• _DIRECTIONS_
With the line containing "#[derive(Drop)]" as the start and the line containing "Returns these units." as the end, transcribe that span of the entries below exactly, including both.
── MATERIAL TO PROCESS ──
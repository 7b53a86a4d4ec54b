//! Units that only clauses read.
ghost use Rattle.std.specs.Prelude.{◌≡◌, List, ◌++◌};
ghost use Rattle.std.specs.Borrow.{ftrue};

use std::marker::{Model, PhantomData};

/// Units that only clauses read. At run time there are none.
#[derive(Drop)]
pub(crate) struct History<T> {
    of: PhantomData<T>,
    pub ghost units: { List T },
}

impl<T> Model for History<T> {
    ghost also_owns = { λ _. ftrue };
}

impl<T> History<T> {
    /// Returns these units.
    pub(crate) fn of(_units: &[T]) -> History<T>
        ensures { result.units ≡ _units.now }
    {
        History { of: PhantomData }
    }

    /// Returns the units followed by others.
    pub(crate) fn and(&self, _units: &[T]) -> History<T>
        ensures { result.units ≡ self.now.units ++ _units.now }
    {
        History { of: PhantomData }
    }
}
───
• _TASK ANSWER_
#[derive(Drop)]
pub(crate) struct History<T> {
    of: PhantomData<T>,
    pub ghost units: { List T },
}

impl<T> Model for History<T> {
    ghost also_owns = { λ _. ftrue };
}

impl<T> History<T> {
    /// Returns these units.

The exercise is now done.